X_train = data_train.loc[:,predictors]
y_train = data_train.loc[:,'response']
X_test = data_test.loc[:,predictors]
y_test = data_test.loc[:,'response']
In [77]:
lda.fit(X_train, y_train)
qda.fit(X_train, y_train)
fitted_models = [lda, qda]
titles = ['LDA','QDA']
class_colors=['r', 'g', 'b']

f, axes = plt.subplots(1,2, figsize = (16,7))
data_sample = data_train.sample(frac=.05)

for i, (model, ax, title) in enumerate(zip(fitted_models, axes, titles)):
    scatter_stars(
        ax, data_sample,
        columns=predictors,
        class_labels=tgt_id2name, class_colors=class_colors, edgecolor='black', lw=.25, s=10)
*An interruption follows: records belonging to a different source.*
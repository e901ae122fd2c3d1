// Blocks that were read, kept for a while.
ghost use Rattle.std.specs.Prelude.{◌≡◌, ◌≢◌, ◌<◌, ◌≤◌, ◌+◌, ◌^◌, ◌⊎◌, ◌↔◌, List, [], Some, Err, IsTrue, IfOk, IfErr, IfSome, OnOk, length, map};
ghost use Rattle.std.proofs.Common.{rules};
ghost use Rattle.std.specs.Cmp.Rules.{hashing};
ghost use Rattle.std.specs.Hash as fed;
ghost use Rattle.std.specs.List.{Contains};
ghost use Rattle.ri_base.specs.Documents.{Document};
ghost use Rattle.ri_base.specs.Faults.{TellsDamage};
ghost use Rattle.ri_base.specs.Keeps.{Rose};
ghost use Rattle.store_ends.specs.Files.{Files, IsQuiet};
ghost use Rattle.seg_codec.specs.Fits.{FitBlock};
ghost use Rattle.seg_codec.specs.Segment.{entry_of};
ghost use Rattle.seg_codec.specs.declared.blocks.BlockEntry.{BlockEntry};
ghost use Rattle.disk_index.specs.Blocks.{IsBlockFault, IsBlockIn};
ghost use Rattle.disk_index.specs.Cache.{AllIn, AllKept, CacheKeeps, IsCacheBacked, nothing_cached, without_blocks};
ghost use Rattle.disk_index.specs.Faults.{CameFrom};
ghost use Rattle.disk_index.specs.Reads.{HasSegment};

use crate::Block;
use crate::reading::read_block;
use lru::LruCache;
use ri_base::{NoMemory, SegFault};
use seg_codec::Documents;
use std::alloc::Global;
use std::hash::{Hash, Hasher};
use std::marker::Model;
use std::num::NonZeroUsize;
use store_ends::Store;

/// Where a block was read: the number of its file, its range of 64 ids, its place in the file and its length.
#[derive(Clone, Copy, Debug, PartialEq, Eq)]
pub struct BlockKey {
    pub number: u64,
    pub range: u32,
    pub place: u64,
    pub length: u32,
}

/// Blocks of a file are told apart by their places, and few of different files have the same.
impl Hash for BlockKey {
    ghost hash_input = { λ key. fed.u64 key.place };

    ghost respects_eq = { Prim.search (hashing, rules) };

    fn hash<H: Hasher>(&self, state: &mut H) {
        self.place.hash(state);
    }
}

/// Blocks that were read, as many as it has slots, seen as the list of them with their keys. Of a full cache the block that wasn't
/// asked for for the longest time makes room. It notes the last damage
/// that was met by reading through it.
pub struct BlockCache {
    kept: LruCache<BlockKey, Block>,
    damage: Option<SegFault>,
}

impl Drop for BlockCache {
    fn drop(self) {
        let BlockCache { kept, damage } = self;
        drop(kept);
        drop(damage);
    }
}

impl Model for BlockCache {
    ghost use Rattle.disk_index.specs.Cache.{Cached};

    ghost Value = { Cached };

    ghost view = { λ c. record { kept = c.kept.entries; damage = c.damage } };
}

impl BlockCache {
    /// No block, with room for so many.
    pub fn new(alloc: Global, slots: NonZeroUsize) -> Result<BlockCache, NoMemory>
        ensures { IfOk result (λ c. c ≡ nothing_cached) }
    {
        Ok(BlockCache {
            kept: LruCache::sparse(alloc, slots)?,
            damage: None,
        })
    }

    /// No block is kept any more.
    pub fn clear(&mut self)
        ensures { self.new ≡ without_blocks self.old }
    {
        self.kept.clear();
    }

    /// How many blocks are kept.
    pub fn len(&self) -> usize
        ensures { result ≡ length self.now.kept }
    {
        self.kept.len()
    }

    pub fn is_empty(&self) -> bool
        ensures { IsTrue result ↔ (self.now.kept ≡ []) }
    {
        self.kept.is_empty()
    }

    /// The block of this key, of a segment with these documents: as it is kept, or read and kept from now on. Where there is no
    /// memory to keep it, it is handed out all the same.
    pub(crate) fn fetch<T: Store>(
        &mut self,
        alloc: Global,
        store: &mut T,
        key: BlockKey,
        documents: &Documents,
    ) -> Result<Block, SegFault>
        requires { key.place + key.length < 2 ^ 64 }
        ensures exact { (f : Files) → T.files store.old ≡ Some f → IsCacheBacked (Some f) self.old → IfOk result (IsBlockIn f key) }

        // It fits the segment that was put in its file, if these are the documents of that.
        ensures fits { (docs : List Document) → HasSegment (T.files store.old) key.number docs → documents.now ≡ map entry_of docs → IsCacheBacked (T.files store.old) self.old → IfOk result (FitBlock documents.now key.range) }

        ensures fault { (f : Files) → T.files store.old ≡ Some f → IfErr result (IsBlockFault f key documents.now) }
        ensures origin { IfOk result (CameFrom (T.files store.old) self.old documents.now key) }
        ensures cache { CacheKeeps (T.files store.old) (λ e. (e.0 ≡ key) × FitBlock documents.now e.0.range e.1) self.old self.new }
        ensures undamaged { OnOk result (self.new.damage ≡ self.old.damage) }
        ensures damaged { IfErr result (TellsDamage self.old.damage self.new.damage) }
        ensures quiet { IsQuiet T.files T.layers T.clock T.since T.longest T.held store.old store.new }
        ensures later { T.faults store.old ≤ T.faults store.new }
        ensures store { result ≡ Err SegFault.Store → Rose (T.faults store.old) (T.faults store.new) }
        ensures none { result ≢ Err SegFault.Store → T.faults store.new ≡ T.faults store.old }
    {
        if let Some(block) = kept_at(&mut self.kept, key)? {
            return Ok(block);
        }
        let block = self.read(alloc, store, key, documents)?;
        if let Ok(shared) = block.share() {
            keep(&mut self.kept, key, shared);
        }
        Ok(block)
    }

    /// The same of a block that is asked for once: where it has to be read, it isn't kept.
    pub(crate) fn once<T: Store>(
        &mut self,
        alloc: Global,
        store: &mut T,
        key: BlockKey,
        documents: &Documents,
    ) -> Result<Block, SegFault>
        requires { key.place + key.length < 2 ^ 64 }
        ensures exact { (f : Files) → T.files store.old ≡ Some f → IsCacheBacked (Some f) self.old → IfOk result (IsBlockIn f key) }
        ensures fits { (docs : List Document) → HasSegment (T.files store.old) key.number docs → documents.now ≡ map entry_of docs → IsCacheBacked (T.files store.old) self.old → IfOk result (FitBlock documents.now key.range) }
        ensures fault { (f : Files) → T.files store.old ≡ Some f → IfErr result (IsBlockFault f key documents.now) }
        ensures origin { IfOk result (CameFrom (T.files store.old) self.old documents.now key) }
        ensures cache { AllKept self.old self.new }
        ensures undamaged { OnOk result (self.new.damage ≡ self.old.damage) }
        ensures damaged { IfErr result (TellsDamage self.old.damage self.new.damage) }
        ensures quiet { IsQuiet T.files T.layers T.clock T.since T.longest T.held store.old store.new }
        ensures later { T.faults store.old ≤ T.faults store.new }
        ensures store { result ≡ Err SegFault.Store → Rose (T.faults store.old) (T.faults store.new) }
        ensures none { result ≢ Err SegFault.Store → T.faults store.new ≡ T.faults store.old }
    {
        if let Some(block) = kept_at(&mut self.kept, key)? {
            return Ok(block);
        }
        self.read(alloc, store, key, documents)
    }

    /// The block of this key as its file has it, of a segment with these documents. It isn't kept, and damage is noted.
    fn read<T: Store>(
        &mut self,
        alloc: Global,
        store: &mut T,
        key: BlockKey,
        documents: &Documents,
    ) -> Result<Block, SegFault>
        requires { key.place + key.length < 2 ^ 64 }
        ensures exact { (f : Files) → T.files store.old ≡ Some f → IfOk result (IsBlockIn f key) }
        ensures fits { IfOk result (FitBlock documents.now key.range) }
        ensures fault { (f : Files) → T.files store.old ≡ Some f → IfErr result (IsBlockFault f key documents.now) }
        ensures same { self.new.kept ≡ self.old.kept }
        ensures undamaged { OnOk result (self.new.damage ≡ self.old.damage) }
        ensures damaged { IfErr result (TellsDamage self.old.damage self.new.damage) }
        ensures quiet { IsQuiet T.files T.layers T.clock T.since T.longest T.held store.old store.new }
        ensures later { T.faults store.old ≤ T.faults store.new }
        ensures store { result ≡ Err SegFault.Store → Rose (T.faults store.old) (T.faults store.new) }
        ensures none { result ≢ Err SegFault.Store → T.faults store.new ≡ T.faults store.old }
    {
        match read_block(alloc, store, key, documents) {
            Ok(block) => Ok(block),
            Err(fault) => Err(self.noted(fault)),
        }
    }

    /// The fault, noted where it is damage.
    pub(crate) fn noted(&mut self, fault: SegFault) -> SegFault
        ensures same { result ≡ fault }
        ensures kept { self.new.kept ≡ self.old.kept }
        ensures damage { TellsDamage self.old.damage self.new.damage fault }
    {
        match fault {
            SegFault::Malformed { file, part, place } => {
                self.damage = Some(SegFault::Malformed { file, part, place });
                SegFault::Malformed { file, part, place }
            }
            SegFault::Missing { file } => {
                self.damage = Some(SegFault::Missing { file });
                SegFault::Missing { file }
            }
            SegFault::Store => SegFault::Store,
            SegFault::Memory => SegFault::Memory,
        }
    }
}

/// The block of this key, where it is kept.
fn kept_at(kept: &mut LruCache<BlockKey, Block>, key: BlockKey) -> Result<Option<Block>, NoMemory>
    ensures stay { AllIn kept.old.entries kept.new.entries }
    ensures found { IfOk result (λ found. IfSome found (λ b. Contains kept.old.entries (key, b))) }
{
    match kept.get(&key) {
        Some(block) => shared(block),
        None => Ok(None),
    }
}

fn shared(block: &Block) -> Result<Option<Block>, NoMemory>
    ensures { IfOk result (λ b. b ≡ Some block.now) }
{
    Ok(Some(block.share()?))
}

/// Keeps the block, where memory allows it.
fn keep(kept: &mut LruCache<BlockKey, Block>, key: BlockKey, block: Block)
    ensures { (e : BlockKey × List BlockEntry) → Contains kept.new.entries e → Contains kept.old.entries e ⊎ (e ≡ (key, block)) }
{
    let _ = kept.put(key, block);
}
    overlay_decision_boundary(ax, model, colors=class_colors, desaturate=.3)
    ax.set_title(title)
    print("{}: accuracy on train={:.2%}, test={:.2%}".format(
        title, model.score(X_train, y_train), model.score(X_test, y_test)))
LDA: accuracy on train=97.66%, test=97.74%
QDA: accuracy on train=98.71%, test=98.71%

QDA now does better than LDA, why do you think that is?